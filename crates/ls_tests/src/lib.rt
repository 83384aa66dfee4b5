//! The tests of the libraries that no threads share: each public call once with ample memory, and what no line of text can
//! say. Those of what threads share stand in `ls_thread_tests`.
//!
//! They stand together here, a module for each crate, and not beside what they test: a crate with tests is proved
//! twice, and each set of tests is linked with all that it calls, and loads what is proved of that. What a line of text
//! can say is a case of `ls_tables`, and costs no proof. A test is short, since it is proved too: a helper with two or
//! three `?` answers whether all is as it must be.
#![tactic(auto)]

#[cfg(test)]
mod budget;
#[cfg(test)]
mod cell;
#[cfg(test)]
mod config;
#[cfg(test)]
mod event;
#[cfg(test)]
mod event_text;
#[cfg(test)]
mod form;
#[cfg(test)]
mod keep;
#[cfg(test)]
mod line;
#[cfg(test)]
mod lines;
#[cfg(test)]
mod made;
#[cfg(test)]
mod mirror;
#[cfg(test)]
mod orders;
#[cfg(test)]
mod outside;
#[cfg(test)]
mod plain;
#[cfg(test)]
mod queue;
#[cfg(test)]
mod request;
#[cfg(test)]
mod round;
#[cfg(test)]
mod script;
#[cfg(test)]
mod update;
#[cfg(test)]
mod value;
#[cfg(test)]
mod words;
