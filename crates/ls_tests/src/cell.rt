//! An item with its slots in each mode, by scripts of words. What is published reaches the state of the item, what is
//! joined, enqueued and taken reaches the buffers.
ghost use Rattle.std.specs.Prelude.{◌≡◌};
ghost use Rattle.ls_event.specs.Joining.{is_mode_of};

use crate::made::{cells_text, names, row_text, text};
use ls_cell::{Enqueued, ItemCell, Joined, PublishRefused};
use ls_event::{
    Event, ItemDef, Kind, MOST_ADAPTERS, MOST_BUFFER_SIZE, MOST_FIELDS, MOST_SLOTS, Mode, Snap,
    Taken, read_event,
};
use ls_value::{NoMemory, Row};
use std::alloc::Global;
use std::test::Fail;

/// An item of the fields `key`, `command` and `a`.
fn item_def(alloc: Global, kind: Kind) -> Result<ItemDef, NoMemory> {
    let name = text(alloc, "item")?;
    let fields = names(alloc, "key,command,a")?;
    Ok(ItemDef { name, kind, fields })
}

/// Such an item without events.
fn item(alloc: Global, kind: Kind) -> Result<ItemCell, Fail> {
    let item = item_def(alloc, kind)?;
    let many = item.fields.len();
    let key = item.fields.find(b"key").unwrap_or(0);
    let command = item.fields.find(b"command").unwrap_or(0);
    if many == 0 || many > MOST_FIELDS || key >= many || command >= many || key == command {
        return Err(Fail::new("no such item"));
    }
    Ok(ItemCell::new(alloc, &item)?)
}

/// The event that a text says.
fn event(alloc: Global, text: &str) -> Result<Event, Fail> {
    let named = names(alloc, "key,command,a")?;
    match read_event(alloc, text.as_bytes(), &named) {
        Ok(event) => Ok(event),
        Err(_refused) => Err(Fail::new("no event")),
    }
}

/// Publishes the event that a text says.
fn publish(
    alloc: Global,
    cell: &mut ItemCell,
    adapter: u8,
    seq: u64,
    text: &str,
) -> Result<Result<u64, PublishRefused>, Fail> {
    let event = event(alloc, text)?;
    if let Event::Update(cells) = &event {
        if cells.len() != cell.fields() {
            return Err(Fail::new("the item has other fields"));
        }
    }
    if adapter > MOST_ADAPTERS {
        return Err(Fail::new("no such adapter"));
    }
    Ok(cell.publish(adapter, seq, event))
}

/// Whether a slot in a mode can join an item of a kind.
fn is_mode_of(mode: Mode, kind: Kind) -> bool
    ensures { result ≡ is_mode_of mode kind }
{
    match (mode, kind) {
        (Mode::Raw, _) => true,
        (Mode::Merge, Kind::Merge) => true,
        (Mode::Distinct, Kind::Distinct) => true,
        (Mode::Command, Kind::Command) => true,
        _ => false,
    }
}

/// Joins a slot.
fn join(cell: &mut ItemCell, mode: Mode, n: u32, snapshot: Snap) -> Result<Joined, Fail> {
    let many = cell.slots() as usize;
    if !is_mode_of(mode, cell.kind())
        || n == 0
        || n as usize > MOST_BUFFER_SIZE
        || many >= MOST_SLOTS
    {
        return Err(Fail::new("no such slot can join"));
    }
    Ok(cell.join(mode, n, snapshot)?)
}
* * * * * * * * *
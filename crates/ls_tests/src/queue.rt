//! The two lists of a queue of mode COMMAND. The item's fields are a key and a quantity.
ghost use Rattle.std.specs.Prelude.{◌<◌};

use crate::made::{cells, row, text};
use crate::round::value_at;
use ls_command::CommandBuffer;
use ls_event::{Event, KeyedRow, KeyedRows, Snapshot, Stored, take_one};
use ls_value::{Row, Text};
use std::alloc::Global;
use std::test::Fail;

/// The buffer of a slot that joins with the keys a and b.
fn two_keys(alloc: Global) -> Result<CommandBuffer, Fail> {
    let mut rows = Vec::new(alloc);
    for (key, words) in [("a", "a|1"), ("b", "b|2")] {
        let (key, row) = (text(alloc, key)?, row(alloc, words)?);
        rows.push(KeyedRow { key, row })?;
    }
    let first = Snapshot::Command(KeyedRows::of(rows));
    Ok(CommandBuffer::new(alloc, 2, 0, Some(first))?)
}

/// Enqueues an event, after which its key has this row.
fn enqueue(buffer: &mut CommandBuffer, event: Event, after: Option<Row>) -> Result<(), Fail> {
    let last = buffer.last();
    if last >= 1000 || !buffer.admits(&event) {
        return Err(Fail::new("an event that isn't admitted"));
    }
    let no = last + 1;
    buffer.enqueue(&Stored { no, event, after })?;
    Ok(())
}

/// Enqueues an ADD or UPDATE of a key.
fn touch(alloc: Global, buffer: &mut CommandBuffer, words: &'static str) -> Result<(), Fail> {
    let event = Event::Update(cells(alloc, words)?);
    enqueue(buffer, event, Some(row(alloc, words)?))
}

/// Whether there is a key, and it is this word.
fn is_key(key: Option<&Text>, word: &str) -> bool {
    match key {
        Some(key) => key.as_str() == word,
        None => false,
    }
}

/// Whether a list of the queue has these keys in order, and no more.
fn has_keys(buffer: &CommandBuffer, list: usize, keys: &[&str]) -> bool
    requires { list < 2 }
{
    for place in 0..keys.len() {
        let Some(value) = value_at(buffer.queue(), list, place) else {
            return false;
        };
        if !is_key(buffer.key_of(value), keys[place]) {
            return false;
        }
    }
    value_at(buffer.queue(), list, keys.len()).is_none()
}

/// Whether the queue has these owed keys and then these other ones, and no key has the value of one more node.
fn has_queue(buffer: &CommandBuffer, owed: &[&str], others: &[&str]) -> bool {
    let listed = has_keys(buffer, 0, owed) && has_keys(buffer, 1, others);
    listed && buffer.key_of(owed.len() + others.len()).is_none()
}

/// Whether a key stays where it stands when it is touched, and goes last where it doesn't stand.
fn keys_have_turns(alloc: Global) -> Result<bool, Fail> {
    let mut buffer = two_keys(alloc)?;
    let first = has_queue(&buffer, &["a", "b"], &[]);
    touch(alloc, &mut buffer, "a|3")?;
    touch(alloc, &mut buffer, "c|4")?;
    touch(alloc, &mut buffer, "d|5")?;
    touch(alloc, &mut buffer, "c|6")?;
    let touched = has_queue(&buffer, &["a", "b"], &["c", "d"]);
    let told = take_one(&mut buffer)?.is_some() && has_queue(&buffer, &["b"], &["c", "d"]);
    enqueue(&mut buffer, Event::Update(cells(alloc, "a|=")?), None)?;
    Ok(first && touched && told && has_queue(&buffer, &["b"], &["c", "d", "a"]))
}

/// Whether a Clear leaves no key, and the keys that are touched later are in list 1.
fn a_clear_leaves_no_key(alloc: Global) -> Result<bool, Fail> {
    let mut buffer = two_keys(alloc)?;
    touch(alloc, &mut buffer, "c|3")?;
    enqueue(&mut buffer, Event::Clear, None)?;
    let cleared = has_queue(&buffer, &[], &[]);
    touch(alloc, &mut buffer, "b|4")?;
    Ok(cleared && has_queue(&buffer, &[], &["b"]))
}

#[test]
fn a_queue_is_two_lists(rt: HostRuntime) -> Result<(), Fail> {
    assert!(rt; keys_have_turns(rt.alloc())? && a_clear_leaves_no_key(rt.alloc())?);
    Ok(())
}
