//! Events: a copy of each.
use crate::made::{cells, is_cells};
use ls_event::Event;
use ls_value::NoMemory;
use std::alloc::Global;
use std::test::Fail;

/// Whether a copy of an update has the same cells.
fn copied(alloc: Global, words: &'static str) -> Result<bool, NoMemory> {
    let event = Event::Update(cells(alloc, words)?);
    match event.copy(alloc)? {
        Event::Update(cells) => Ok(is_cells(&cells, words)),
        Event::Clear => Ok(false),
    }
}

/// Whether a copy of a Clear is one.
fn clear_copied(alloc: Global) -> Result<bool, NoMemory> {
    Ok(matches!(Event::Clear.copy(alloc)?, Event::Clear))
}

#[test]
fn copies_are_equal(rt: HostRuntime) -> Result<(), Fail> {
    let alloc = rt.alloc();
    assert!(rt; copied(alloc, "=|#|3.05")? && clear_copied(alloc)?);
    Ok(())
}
* * * * * * * * *
## What you have to do
Copy the stretch of the records above that runs from the line with "enqueue(&mut buffer, Event::Clear, None)?;" through the line with "fn clear_copied(alloc: Global)". Both end lines belong in the copy, and nothing else does.

## Exercise result
    enqueue(&mut buffer, Event::Clear, None)?;
    let cleared = has_queue(&buffer, &[], &[]);
    touch(alloc, &mut buffer, "b|4")?;
    Ok(cleared && has_queue(&buffer, &[], &["b"]))
}

#[test]
fn a_queue_is_two_lists(rt: HostRuntime) -> Result<(), Fail> {
    assert!(rt; keys_have_turns(rt.alloc())? && a_clear_leaves_no_key(rt.alloc())?);
    Ok(())
}
//! Events: a copy of each.
use crate::made::{cells, is_cells};
use ls_event::Event;
use ls_value::NoMemory;
use std::alloc::Global;
use std::test::Fail;

/// Whether a copy of an update has the same cells.
fn copied(alloc: Global, words: &'static str) -> Result<bool, NoMemory> {
    let event = Event::Update(cells(alloc, words)?);
    match event.copy(alloc)? {
        Event::Update(cells) => Ok(is_cells(&cells, words)),
        Event::Clear => Ok(false),
    }
}

/// Whether a copy of a Clear is one.
fn clear_copied(alloc: Global) -> Result<bool, NoMemory> {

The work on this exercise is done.